Dr. Richard Galbraith has been appointed vice president for research at the University of Vermont. He is currently a professor of medicine and interim senior associate dean for research in the College of Medicine and director of the Vermont Center for Clinical and Translational Science.

“Dr. Galbraith has had an outstanding record of research, teaching and service throughout his career,” said UVM president Tom Sullivan. “We are thrilled to be able to fill this important position with such a talented and experienced leader and look forward to the great contribution he is sure to make.” 

"I'm honored to be named to this important position," Galbraith said. "It is critical to the university's future that we continue to build on UVM's powerful, dynamic and varied research and scholarship enterprise and strive to find better ways to use resulting new knowledge for the benefit of the community. I am also eager to build on the increasing realization that strong scholarship and research attracts outstanding undergraduate students and faculty, and reciprocally, that outstanding students and faculty are the engines of future innovations in cutting-edge scholarship and research. " 

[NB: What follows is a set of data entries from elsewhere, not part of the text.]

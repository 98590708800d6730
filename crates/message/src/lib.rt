// A message as a value: its fields, its lengths and the refusals. The bytes are read by `outer`
// and `reader`, and written by `writer`.
#![tactic(auto)]

mod answers;
pub mod layout;
mod value;

pub use answers::{Head, Numbered, Reason, Refusal, Taken, Unframed};
pub use value::{Message, body_at, only_of};
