// The value of a message: what its bytes say, with zero in every absent field.
ghost use Rattle.std.specs.Prelude.{◌≡◌, ◌≤◌};
ghost use Rattle.message.specs.Layout.{only, body_at, body_of, check_length, head_length};

use crate::layout;

// Whether a field is present is told by the flags alone, never by the field being zero: by `sourced`, `destined`, `encrypt` and
// `acknowledges`, each beside its field, and of the exchange fields by `tunnelled`. They make no `Option`, since `write` refuses
// with 14 a field that is absent and not zero (`stray_address`, `stray_exchange`), and C's arrays hold it so. Version and encrypt
// type are numbers and no enums, since `write` refuses all others with 3 and 6 (`bad_version`, `bad_encrypt`). The order is that in
// memory: `id` and `source` lie where a refusal has its reason and its offset, and are as wide, so an answer, which is a value or
// a refusal, stays in registers.
#[derive(Clone, Copy, Debug, PartialEq, Eq)]
pub struct Message {
    pub id: u32,
    // 1 or 2.
    pub version: u8,
    // T: an IP packet in place of the exchange fields and the payload.
    pub tunnelled: bool,
    // S: the source is present.
    pub sourced: bool,
    // D: the destination is present.
    pub destined: bool,
    // EUI[0] is the most significant byte.
    pub source: u64,
    pub destination: u64,
    // 0 plain, 1 encrypted: with a key id and check bytes.
    pub encrypt: u8,
    // I: sent by the one who began the exchange.
    pub initiator: bool,
    // A: the acknowledged id is present.
    pub acknowledges: bool,
    // R: an acknowledgement is wanted.
    pub wants: bool,
    // Key type in bits 15 to 12, key number below.
    pub key: u16,
    pub exchange: u16,
    // The message type, within its profile.
    pub kind: u8,
    pub profile: u32,
    pub acknowledged: u32,
}

// n where a field is present, else 0.
pub fn only_of(present: bool, n: usize) -> usize
    ensures { (result ≡ only present n) × (result ≤ n) }
{
    if present { n } else { 0 }
}

// Where the exchange header or the tunnel version stands.
pub fn body_at(sourced: bool, destined: bool, encrypted: bool) -> usize
    ensures { (result ≡ body_at sourced destined encrypted) × (result ≤ 24) }
{
    layout::SOURCE_AT
        + only_of(sourced, layout::NODE)
        + only_of(destined, layout::NODE)
        + only_of(encrypted, layout::KEY)
}

impl Message {
    // Where the exchange header or the tunnel version stands.
    pub fn body_at(self) -> usize
        ensures { (result ≡ body_of self) × (result ≤ 24) }
    {
        body_at(
            self.sourced,
            self.destined,
            self.encrypt == layout::ENCRYPTED,
        )
    }

    // The length of the check: 0 of a plain message.
    pub fn check_length(self) -> usize
        ensures { (result ≡ check_length self) × (result ≤ 20) }
    {
        only_of(self.encrypt == layout::ENCRYPTED, layout::CHECK)
    }

    // The length of all that stands before the payload or the packet.
    pub fn head_length(self) -> usize
        ensures { (result ≡ head_length self) × (result ≤ 36) }
    {
        let body = self.body_at();
        if self.tunnelled {
            return body + layout::TUNNEL;
        }
        body + layout::ACKNOWLEDGED_AT + only_of(self.acknowledges, layout::ACKNOWLEDGED)
    }
}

Galbraith received his M.D. and trained as an internist at King’s College, London. He received a multidisciplinary doctorate in molecular and cellular biology from the Medical University of South Carolina and served on its faculty prior to relocating to Rockefeller University in New York. There he served as the director of the General Clinical Research Center and Rockefeller University Hospital.

He joined the University of Vermont as a professor of medicine in 1995. He has served as chief of clinical pharmacology in the Department of Medicine, program director of the General Clinical Research Center and associate dean for Patient Oriented Research. He has also served as the director of Patient Oriented Research at Fletcher Allen Health Care.

He has participated in a variety of university-wide activities at UVM that have provided him with a broad appreciation and understanding of the depth and diversity of research and scholarship across the university. Galbraith has been a leader in the Faculty Senate, where he was elected to the Research, Scholarship and Creative Arts Committee, serving as its chair for the last eleven years. He was instrumental in the establishment of the Center for Clinical and Translational Science as a Matrix Center and the creation of the Clinical and Translational Science graduate degrees. Galbraith also has prepared cross-college grant applications that have drawn on his leadership and acumen in consensus building and inclusivity across multiple constituencies and disciplines.

Galbraith’s vision for research at UVM includes building an infrastructure that assists investigators in obtaining funding from a variety of sources; promoting disciplinary, translational and transdisciplinary scholarship and research; partnering with the business community to bring new knowledge to the marketplace; partnering with the community when establishing priorities for research that will affect the community; an on-going focus on the environment and health; and elevating the local and national profile of the scholars and researchers at UVM. He will work across all disciplines at UVM to support the university’s full range of scholarship, research and creative activities. His office will be open to all faculty, staff and students who are or who wish to pursue the discovery of knowledge and creative activities at all levels.

Galbraith is taking over the position from John Evans, who has served as interim vice president for research over the past year. “We are deeply grateful to John for his service this past year,” Sullivan said.